//! What the program can do.

use mps_local::Merging;
use mps_watch::Detail;

/// The file with the protocol, and how branches are merged for roles that take no part in a choice.
#[derive(Clone, Copy, Debug, PartialEq, Eq)]
pub struct ProtocolFile<'a> {
    pub name: &'a str,
    pub merging: Merging,
}

/// What the program is told to do.
#[derive(Debug, Drop)]
pub enum Order<'a> {
    /// A task that needs no network.
    Offline {
        task: Task<'a>,
        /// Whether more is told of what went wrong.
        verbose: bool,
    },
    /// Serve so many sessions of the protocol in the file at that port.
    Serve {
        file: ProtocolFile<'a>,
        port: u16,
        sessions: u64,
        /// The number of the first session. Those after it have the next numbers.
        first: u64,
        /// How many connections are accepted. `None` is all that come.
        connections: Option<u64>,
        /// For how many seconds a connection may send nothing. `None` is for ever.
        idle: Option<u64>,
        /// For how many seconds an answer may wait. `None`: none does.
        wait: Option<u64>,
        /// How many percent of the entries of its session each role may make.
        share: u64,
        /// Where the sessions are kept, if they are.
        journal: Option<JournalFolder<'a>>,
        watched: Watched,
        /// The descriptor of what listens already, if something does.
        listener: Option<u64>,
        /// Whether more is told of what went wrong.
        verbose: bool,
    },
    /// Open each session of the protocol in the file that somebody joins at that port.
    Host {
        file: ProtocolFile<'a>,
        port: u16,
        /// How many sessions are open at once at most.
        open: u64,
        /// For how many seconds a kept session stays open in which nobody is.
        keep: u64,
        /// For how many seconds a connection may send no line. `None` is for ever.
        idle: Option<u64>,
        /// For how many seconds an answer may wait. `None`: none does.
        wait: Option<u64>,
        /// How many percent of the entries of its session each role may make.
        share: u64,
        /// Where the sessions are kept, if they are.
        journal: Option<JournalFolder<'a>>,
        watched: Watched,
        /// The descriptor of what listens already, if something does.
        listener: Option<u64>,
        /// Whether more is told of what went wrong.
        verbose: bool,
    },
}

/// How a server is watched.
#[derive(Clone, Copy, Debug, PartialEq, Eq)]
pub struct Watched {
    /// How much is told of what befalls it, if something is.
    pub log: Option<Detail>,
    /// The port at which its counts are told, if they are.
    pub metrics: Option<u16>,
    /// Whether it ends once its standard input has.
    pub drain: bool,
}

/// Where sessions are kept.
#[derive(Clone, Copy, Debug, PartialEq, Eq)]
pub struct JournalFolder<'a> {
    pub folder: &'a str,
    /// Whether nothing is answered before the disk has said that it is kept.
    pub sync: bool,
    /// Whether a session that can't be kept stops the others too.
    pub strict: bool,
}

/// What the program does without a network.
#[derive(Debug, Drop)]
pub enum Task<'a> {
    /// Say how the program is used, or which version it is.
    Help {
        text: String,
    },
    /// Show each role's local type of the protocol in the file.
    Check {
        file: ProtocolFile<'a>,
    },
    /// Run the script on a session of the protocol in the file.
    Run {
        file: ProtocolFile<'a>,
        script: &'a str,
        /// Whether to stop at the first refused line.
        strict: bool,
    },
    /// Say whether two scripts come to the same on sessions of the protocol in the file.
    Same {
        file: ProtocolFile<'a>,
        first: &'a str,
        second: &'a str,
    },
}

══════

> [WHAT THE TASK REQUIRES]: Report only the number of lines in the listing that contain the word "once".

> [PROBLEM SOLUTION]: 2